No mispelling, just playing ‘new internet lingo’ game. Did I win?
Let’s get serious…
This week, multiple customer accounts were breached. Starting approximately 3 weeks ago, a phish was sent out that some of our customers responded to, giving out their account information.
We looked through our mail logs and found the users who had been phished and we changed their passwords.
Along the way, we either missed some users who were phished, or another phish was done that we did not detect.
On Monday, 2 accounts that had been phished at some time were used to send spam through our outbound email servers. By default, our outbound email servers require SASL authentication. The abusers authenticated to our servers, and over the next couple of hours, we were thoroughly abused, and our servers started slowing down. Not enough to trigger monitoring, though. Kudos for performance tuning, spankings for not noticing this until a customer told us.

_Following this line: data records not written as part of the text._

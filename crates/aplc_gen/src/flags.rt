//! The names that are read where they are not known to have a value: these need a flag.
//! It must not know which variables there are.

ghost use Rattle.std.specs.Prelude.{◌≡◌, ◌+◌, ◌≤◌, [], false, Some, IfOk, OnOk, map, length, drop};
ghost use Rattle.aplc_core.specs.PlainSteps.{term_of, effect_of};
ghost use Rattle.aplc_gen.specs.Layouts.{the_routine};
ghost use Rattle.aplc_gen.specs.Emitted.{known_after, known_behind, known_through};
ghost use Rattle.aplc_gen.specs.Laid.{known_at_end};
ghost use Rattle.aplc_gen.specs.Writing.{site_of};
ghost use Rattle.aplc_gen.specs.Sparing.{no_flags, with_flag, read_flags, term_flags, step_flags, steps_flags, lines_flags, arms_flags, result_flags, sure_of, site_flags};

use crate::flow::Flow;
use crate::known::Known;
use crate::names::Names;
use crate::segments::{first_known, is_left};
use crate::site::Site;
use crate::statements::{branches, is_blank, is_branch};
use aplc_core::{Step, Tree};
use aplc_names::Scope;
use std::alloc::{AllocError, Global};
use std::marker::Model;

/// Names that are read where they are not known to have a value, the latest first.
#[derive(Drop)]
pub struct Flags {
    /// Of the function that was gone through last.
    locals: Known,
    /// Of all functions.
    globals: Known,
}

impl Model for Flags {
    ghost use Rattle.aplc_gen.specs.Sparing.{Flags, flags_code};

    ghost Value = { Flags };

    ghost coded = { flags_code };

    ghost view = { λ s. record { locals = s.locals; globals = s.globals } };
}

impl Flags {
    pub fn new(alloc: Global) -> Flags
        ensures { result ≡ no_flags }
    {
        Flags {
            locals: Known::new(alloc),
            globals: Known::new(alloc),
        }
    }

    pub fn locals(&self) -> &Known
        ensures { result.now ≡ self.now.locals }
    {
        &self.locals
    }

    pub fn globals(&self) -> &Known
        ensures { result.now ≡ self.now.globals }
    {
        &self.globals
    }

    fn add(&mut self, scope: Scope, name: u32) -> Result<(), AllocError>
        ensures { OnOk result (self.new ≡ with_flag scope name self.old) }
    {
        match scope {
            Scope::Local => self.locals.add(name),
            Scope::Label(_) => Ok(()),
            _ => self.globals.add(name),
        }
    }

    /// A name is read.
    fn add_read(&mut self, known: &Known, scope: Scope, name: u32) -> Result<(), AllocError>
        ensures { OnOk result (self.new ≡ read_flags known.now scope name self.old) }
    {
        if known.has(name) {
            return Ok(());
        }
        self.add(scope, name)
    }

    /// A tree comes to its value.
    #[cycle(trees)]
    #[tactic(auto, using(aplc_core::proofs::TermForms::term_forms))]
    fn add_tree(&mut self, site: &Site, known: &mut Known, tree: &Tree) -> Result<(), AllocError>
        ensures flags { OnOk result (self.new ≡ term_flags (the_routine (site_of site.now)).header.scope known.old (term_of tree.now) self.old) }
        ensures known { OnOk result (known.new ≡ known_after known.old (term_of tree.now)) }
    {
        match tree {
            Tree::Read(_, name) => {
                self.add_read(known, site.scope(*name), name.0)?;
                known.add(name.0)
            }
            Tree::Mono(_, _, argument) => self.add_tree(site, known, argument.get()),
            Tree::Dyad(_, _, left, right) => {
                self.add_tree(site, known, right.get())?;
                self.add_tree(site, known, left.get())
            }
            _ => Ok(()),
        }
    }

    /// The tree of a branch. What is known behind it is what was known before.
    fn add_branch(
        &mut self,
        alloc: Global,
        site: &Site,
        known: &Known,
        tree: &Tree,
    ) -> Result<(), AllocError>
        ensures { OnOk result (self.new ≡ term_flags (the_routine (site_of site.now)).header.scope known.now (term_of tree.now) self.old) }
    {
        let mut own = known.copy(alloc)?;
        self.add_tree(site, &mut own, tree)
    }

    fn add_step(
        &mut self,
        alloc: Global,
        site: &Site,
        known: &mut Known,
        step: &Step,
    ) -> Result<(), AllocError>
        ensures flags { OnOk result (self.new ≡ step_flags (the_routine (site_of site.now)).header.scope known.old (effect_of step.now) self.old) }
        ensures known { OnOk result (known.new ≡ known_behind known.old (effect_of step.now)) }
    {
        match step {
            Step::Keep(_, tree) => self.add_tree(site, known, tree),
            Step::Store(_, name, tree) => {
                self.add_tree(site, known, tree)?;
                known.add(name.0)
            }
            Step::Show(_, tree) => self.add_tree(site, known, tree),
            Step::Branch(tree) => self.add_branch(alloc, site, known, tree),
            _ => Ok(()),
        }
    }

    /// The steps from a branch on.
    fn add_end(
        &mut self,
        alloc: Global,
        site: &Site,
        known: &Known,
        steps: &[Step],
    ) -> Result<(), AllocError>
        ensures { OnOk result (self.new ≡ steps_flags (the_routine (site_of site.now)).header.scope known.now (map effect_of steps.now) self.old) }
    {
        let mut own = known.copy(alloc)?;
        for step in steps {
            self.add_step(alloc, site, &mut own, step)?;
        }
        Ok(())
    }

    /// The steps of a line. A branch ends what is known behind it.
    #[tactic(auto, using(crate::proofs::SparedWalks::through_steps))]
    fn add_steps(
        &mut self,
        alloc: Global,
        site: &Site,
        known: &mut Known,
        steps: &[Step],
    ) -> Result<(), AllocError>
        ensures flags { OnOk result (self.new ≡ steps_flags (the_routine (site_of site.now)).header.scope known.old (map effect_of steps.now) self.old) }
        ensures known { OnOk result (known.new ≡ known_through known.old (map effect_of steps.now)) }
    {
        match steps {
            [] => Ok(()),
            [step, rest @ ..] => {
                if is_branch(step) {
                    return self.add_end(alloc, site, known, steps);
                }
                self.add_step(alloc, site, known, step)?;
                self.add_steps(alloc, site, known, rest)
            }
        }
    }

    /// The lines from number `from + 1` on, as far as code goes through them.
    #[tactic(auto, using(crate::proofs::SparedWalks::lines_flagged))]
    fn add_lines(
        &mut self,
        alloc: Global,
        flow: &Flow,
        known: &mut Known,
        from: usize,
    ) -> Result<(), AllocError>
        requires { from ≤ length (the_routine (site_of flow.now)).steps }
        ensures flags { OnOk result (self.new ≡ lines_flags (the_routine (site_of flow.now)) known.old false (from + 1) (drop from (the_routine (site_of flow.now)).steps) self.old) }
        ensures known { OnOk result (known.new ≡ known_at_end (site_of flow.now) known.old false (from + 1) (drop from (the_routine (site_of flow.now)).steps)) }
    {
        let site = flow.site();
        let mut through = false;
        for index in from..site.lines() {
            let steps = site.steps(index + 1);
            if is_blank(steps) {
                continue;
            }
            if is_left(flow, through, index + 1) {
                return Ok(());
            }
            self.add_steps(alloc, site, known, steps)?;
            if branches(steps) {
                return Ok(());
            }
            through = true;
        }
        Ok(())
    }

    /// The segments that begin at lines with an arm, where these names have a value.
    #[tactic(auto, using(crate::proofs::SparedWalks::arms_flagged))]
    fn add_arms(&mut self, alloc: Global, flow: &Flow, sure: &Names) -> Result<(), AllocError>
        ensures { OnOk result (self.new ≡ arms_flags (the_routine (site_of flow.now)) sure.now 1 (the_routine (site_of flow.now)).steps self.old) }
    {
        for index in 0..flow.site().lines() {
            if !flow.is_entry(index + 1) {
                continue;
            }
            let mut known = Known::of(alloc, sure)?;
            self.add_lines(alloc, flow, &mut known, index)?;
        }
        Ok(())
    }

    fn add_unsure(&mut self, sure: &Names, name: u32) -> Result<(), AllocError>
        ensures { OnOk result (self.new ≡ result_flags sure.now (Some name) self.old) }
    {
        if sure.has(name) {
            return Ok(());
        }
        self.locals.add(name)
    }

    /// The result, which is read at the function's ends.
    fn add_result(&mut self, sure: &Names, name: Option<u32>) -> Result<(), AllocError>
        ensures { OnOk result (self.new ≡ result_flags sure.now name self.old) }
    {
        match name {
            None => Ok(()),
            Some(name) => self.add_unsure(sure, name),
        }
    }

    /// A function. Its result are the names that have a value wherever a branch may lead, and at the end.
    #[tactic(auto, using(crate::proofs::SparedWalks::function_flags))]
    pub fn add_function(&mut self, alloc: Global, flow: &Flow) -> Result<Names, AllocError>
        ensures flags { OnOk result (self.new ≡ site_flags (site_of flow.now) self.old) }
        ensures sure { IfOk result (λ ns. ns ≡ sure_of (site_of flow.now)) }
    {
        let site = flow.site();
        self.locals = Known::new(alloc);
        let mut known = first_known(alloc, site)?;
        self.add_lines(alloc, flow, &mut known, 0)?;
        let sure = known.once(alloc)?;
        self.add_arms(alloc, flow, &sure)?;
        self.add_result(&sure, site.result())?;
        Ok(sure)
    }
}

On Wednesday, we got hit again, by a single account this time, and 18,640 connections later, our servers were again getting exercised.
All this preamble, what is it for, Mike?
I’ll tell you – on Monday our outbound mail servers got onto some of the anti-spam lists, including Yahoo, Hotmail, Comcast. We did what we could to remove the IPs of our servers from the lists, but Hotmail (in particular) has a 72 hour period for removal. Ah well. 72 hours does suck, but it is survivable.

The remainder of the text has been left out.